Your answer should restate each line of the data below word for word.

**Saved entries:**

******

// Times of day as text, hh:mm:ss.
ghost use Rattle.std.specs.Prelude.{◌≡◌, ◌+◌, ◌≤◌, length};
ghost use Rattle.text.specs.Clock.{two_at, time_of};

use crate::inner::digits;

// Two digits at a place, for a number under `bound`.
fn two_at(s: &[u8], at: usize, bound: u32) -> Option<u32>
    requires { at + 2 ≤ length s.now }
    ensures { result ≡ two_at s.now at bound }
{
    let n = digits(&s[at..at + 2])?;
    if n < bound { Some(n) } else { None }
}

// A time of day as a second of the day.
pub fn time(s: &[u8]) -> Option<u32>
    ensures { result ≡ time_of s.now }
{
    if s.len() != 8 || s[2] != b':' || s[5] != b':' {
        return None;
    }
    let hour = two_at(s, 0, 24)?;
    let minute = two_at(s, 3, 60)?;
    let second = two_at(s, 6, 60)?;
    Some(hour * 3600 + minute * 60 + second)
}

******

**TASK RESPONSE:**
// Times of day as text, hh:mm:ss.
ghost use Rattle.std.specs.Prelude.{◌≡◌, ◌+◌, ◌≤◌, length};
ghost use Rattle.text.specs.Clock.{two_at, time_of};

use crate::inner::digits;

// Two digits at a place, for a number under `bound`.
fn two_at(s: &[u8], at: usize, bound: u32) -> Option<u32>
    requires { at + 2 ≤ length s.now }
    ensures { result ≡ two_at s.now at bound }
{
    let n = digits(&s[at..at + 2])?;
    if n < bound { Some(n) } else { None }
}

// A time of day as a second of the day.
pub fn time(s: &[u8]) -> Option<u32>
    ensures { result ≡ time_of s.now }
{
    if s.len() != 8 || s[2] != b':' || s[5] != b':' {
        return None;
    }
    let hour = two_at(s, 0, 24)?;
    let minute = two_at(s, 3, 60)?;
    let second = two_at(s, 6, 60)?;
    Some(hour * 3600 + minute * 60 + second)
}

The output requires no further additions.